Barns is a self-proclaimed introvert, so inclined to protect his privacy that shooting footage feels burdensome. He prefers to travel light. Slumped on a mattress in a rented room in Spain, he fantasizes about ditching his “camera and tripod and batteries and all the fucking cords” to shed not just physical weight but also the responsibility of what it means to impose a camera on everyday experience. “It actually takes a lot out of me to film, especially in public,” he tells me.
His admission catches me off guard. The version of Barns I’ve come to know through his vlogs is comfortable talking to the camera and talking to strangers, talking to the camera in front of strangers and strangers in front of the camera. It’s a convincing performance – but is the performance still a performance if the performance is real?
“I wish I had the courage to film more often,” Barns continues. He explains that even while pursuing this filmmaking project, the most cinematic moments in his life (which he illustrates as “picturesque, romantic – moments where if I stopped to look around and take it in, I would easily feel sentimental about it all”) have occurred off-camera. What we’re seeing are only shards; sharp fragments; pieces of a whole. We’re inhabiting the liminal space between what is and what could be.
The self isn’t an entirely fixed entity. It’s malleable; it bends to our will. Soft putty shaped, squashed, sculpted. A surface imprinted with the specific texture of each new experience, every interaction, the moments passing. But the self also has its own muscle memory, its tendency to bend back into its original form. Barns’s work, then, is a balancing act. Fight or flight. To hide or to be seen. It’s the push and pull between who he is and who he needs to become for the sake of his art. It’s how far he can venture outside of himself without forgetting where he came from.
Barns surmises that if he were better at filming – more shameless, more forceful, more imposing – he wouldn’t be the same person. He wouldn’t produce the same art, because it’s precisely this kind of friction that produces sparks. This battle between the self and the persona exists at the heart of his creative process.

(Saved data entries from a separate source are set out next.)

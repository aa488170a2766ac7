//! The journal of files on a device of lines: which files there are, and on which physical page each of their pages is. Each
//! change is there as a whole or not at all, wherever the power goes.
// Inodes and page tables are words that change together by one log. Memory has them too, and a change is made there once its
// words are durable.
#![tactic(auto)]

mod area;
mod assigning;
mod changing;
mod checks;
mod fault;
mod files;
mod laws;
mod listing;
mod mounting;
mod queries;
mod units;
mod words;

pub use area::file_area;
pub use fault::{JournalFault, MountFault};
use free_pool::Pool;
use inode_table::Inodes;
pub use laws::{
    a_change_is_of_one_file, a_device_stands_for_files, files_are_those_of_the_inodes,
    files_come_back, words_that_hold_tables_read_as_them,
};
use page_table::PageTable;
pub use page_table::Run;
use std::marker::Model;
use word_log::Log;
use word_tables::Geometry;

/// The files of a mounted device.
#[derive(Debug, Drop)]
pub struct Journal {
    geo: Geometry,
    log: Log,
    inodes: Inodes,
    table: PageTable,
    // the units that are neither a page's nor held for one
    pool: Pool,
    settled: bool,
}

impl Model for Journal {
    ghost use Rattle.file_journal.specs.Object.{JournalState, IsKept};

    ghost Value = { JournalState };

    ghost view = { λ j. record {
      geo = j.geo;
      tables = record { files = j.inodes; pages = j.table.pages };
      free = j.pool;
      quiet = j.log.settled;
      settled = j.settled;
    } };

    ghost invariant = { λ j. IsKept (record {
      geo = j.geo;
      tables = record { files = j.inodes; pages = j.table.pages };
      free = j.pool;
      quiet = j.log.settled;
      settled = j.settled;
    }) j.log.area j.table.units };
}
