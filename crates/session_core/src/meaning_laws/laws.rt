//! What follows from the meaning of a session alone.
ghost use Rattle.std.specs.Prelude.{◌≡◌, ◌+◌, ◌*◌, ◌≤◌, ◌++◌, ℕ, List, [], false, length, sum_by};
ghost use Rattle.http_model.specs.declared.Ending.{Ending};
ghost use Rattle.http_model.specs.Head.{Head};
ghost use Rattle.http_model.specs.Reading.{Received, BodyReading};
ghost use Rattle.session_model.specs.Stream.{Stream, Server};
ghost use Rattle.session_model.specs.Env.{request_env, response_env};
ghost use Rattle.session_model.specs.Meaning.{HoldsOn, is_interim};
ghost use Rattle.session_model.specs.Asking.{Asker, Refused, Asks, asked_by, request_by};
ghost use Rattle.session_model.specs.Answering.{Final, AnswersBy, AnswersFrom, answer_by};
ghost use Rattle.session_model.specs.Session.{Session, Out};
ghost use Rattle.session_core.specs.MeaningLaws.Decided.{behind, RefusesHead, IsRequestHead, IsResponseHead, body_bytes, RefusesSoFar, IsCutRequest, IsCutAnswer};
ghost use Rattle.session_core.specs.MeaningLaws.Bound.{IsBounded, sent_size, server_size};

use crate::meaning_laws::Means;

/// The texts of all sides together have at most so many bytes: 1536 for one that came, and three buffers an exchange.
pub fn text_bound<C: Means>()
    ensures { (cfg : C) (client : Stream) (servers : List Server) (out : Out) → IsBounded (C.meaning cfg) → (s : Session (C.meaning cfg) client servers out)
        → length out.client.bytes + sum_by sent_size out.servers ≤ 1536 * (length client.bytes + sum_by server_size servers) + 3 * ((C.meaning cfg).limits.bufsize * length s.exchanges) }
{}

/// What is decided on a stream that has no ending yet is so on each of its continuations: a refused head, what is asked of a head that
/// came and answered behind one, and the cut by filters that refuse the bytes so far.
pub fn stays_decided<C: Means>()
    ensures refused { (cfg : C) (vars : (C.meaning cfg).Vars) (bytes : List ℕ) (code : ℕ) → RefusesHead (C.meaning cfg) bytes code
        → (rest : Stream) → Asks (C.meaning cfg) vars (behind bytes rest) (Refused code false [] vars) }
    ensures asked { (cfg : C) (vars : (C.meaning cfg).Vars) (used : List ℕ) (received : Received) → IsRequestHead (C.meaning cfg) used received
        → (rest : Stream) → Asks (C.meaning cfg) vars (behind used rest) (asked_by (C.meaning cfg) received rest ((C.meaning cfg).request_rules (request_env vars received.head))) }
    ensures answered { (cfg : C) (asker : Asker) (vars : (C.meaning cfg).Vars) (used : List ℕ) (received : Received) → IsResponseHead (C.meaning cfg) asker.head_asked used received → is_interim received.head ≡ false
        → (rest : Stream) (final : Final (C.meaning cfg).Vars) → AnswersBy (C.meaning cfg) asker received rest ((C.meaning cfg).response_rules (response_env ((C.meaning cfg).answering vars) asker.method received.head)) final
        → AnswersFrom (C.meaning cfg) asker vars (behind used rest) (record { interim = []; final = final }) }
    ensures cut_request { (cfg : C) (received : Received) (head : Head) (vars : (C.meaning cfg).Vars) (front more : List ℕ) (code : ℕ) → HoldsOn (C.meaning cfg).request_filters → RefusesSoFar (C.meaning cfg).request_filters front code
        → (ending : Ending) (body : BodyReading) → body_bytes body ≡ front ++ more
        → IsCutRequest (request_by (C.meaning cfg) received head vars ending body) code ((C.meaning cfg).request_filters.filter_so_far front).output }
    ensures cut_answer { (cfg : C) (asker : Asker) (received : Received) (head : Head) (vars : (C.meaning cfg).Vars) (front more : List ℕ) (code : ℕ) → HoldsOn (C.meaning cfg).response_filters → RefusesSoFar (C.meaning cfg).response_filters front code
        → (body : BodyReading) → body_bytes body ≡ front ++ more
        → IsCutAnswer (answer_by (C.meaning cfg) asker received head vars body) ((C.meaning cfg).response_filters.filter_so_far front).output }
{}
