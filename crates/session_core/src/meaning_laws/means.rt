//! What a session means by a value.
ghost use Rattle.session_model.specs.Meaning.{Meaning};

/// A value that gives a session its meaning, as a configuration does.
pub trait Means {
    ghost meaning: { Self → Meaning };
}
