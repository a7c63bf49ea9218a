// Why a call is refused: the papers' refusals by name, one enum for all calls. A call answers `Result<.., Refusal>`; the numbers are those
// of include/zikhrodan.h, which has their words too.
// Proved: a refusal made a number is the number that specs/Numbers.antt says.
#![tactic(auto)]

ghost use Rattle.std.specs.Prelude.{◌≡◌};
ghost use Rattle.refusal.specs.Numbers.{number, number_of};

#[derive(Clone, Copy, Debug, PartialEq, Eq)]
pub enum Refusal {
    StateSize = 1,
    NoSuchPort = 2,
    UnsoundRecord = 3,
    TransferSize = 4,
    Range = 5,
    OutputShort = 6,
    NotItsOwn = 7,
    SampleSize = 8,
    ImageSize = 9,
    CheckCode = 10,
    NoSoundPage = 11,
    NoSuchField = 12,
    NoSuchMonitor = 13,
    LogFull = 14,
    UnsoundLog = 15,
    NoSuchSample = 17,
}

impl From<Refusal> for u8 {
    ghost from_gives = { λ refusal n. n ≡ number refusal };

    fn from(refusal: Refusal) -> u8 {
        refusal as u8
    }
}

// The number of an answer's refusal, 0 where it is none.
pub fn code<T: Drop>(answer: Result<T, Refusal>) -> u8
    ensures { result ≡ number_of answer }
{
    answer.map_or_else(u8::from, |_| 0)
}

Barns describes cinema as man’s effort to mimic God. Characters are born from dust, a script written. Under the director’s craftsmanship, the various narrative elements – the performers, the dialogue, the backdrop, and chronology – combine into “a hopefully beautiful, possibly complicated story about someone’s life.” The art of filmmaking, like the art of self-creation, demands a delicate balance of control and surrender.
The complexity of Barns’s work doesn’t go unnoticed. It roils beneath the surface, stirring something so deep inside viewers that they’re not quite sure how to react at all. One user takes to the comments section to ask, “Can someone please tell me why these videos feel the way they feel?”
Here’s my unsolicited answer: they’re both the thrill of freedom and the loneliness that underlies a life spent drifting. They’re hollow hunger pangs and figs foraged somewhere on the side of the road. They’re the instinctual and the contrived, vulnerability and anonymity, foreign and familiar. They’re knowing and not knowing, levity and gravity, life and art. They’re straightforward, yet reveal so little. They’re the truth, or at least some version of it.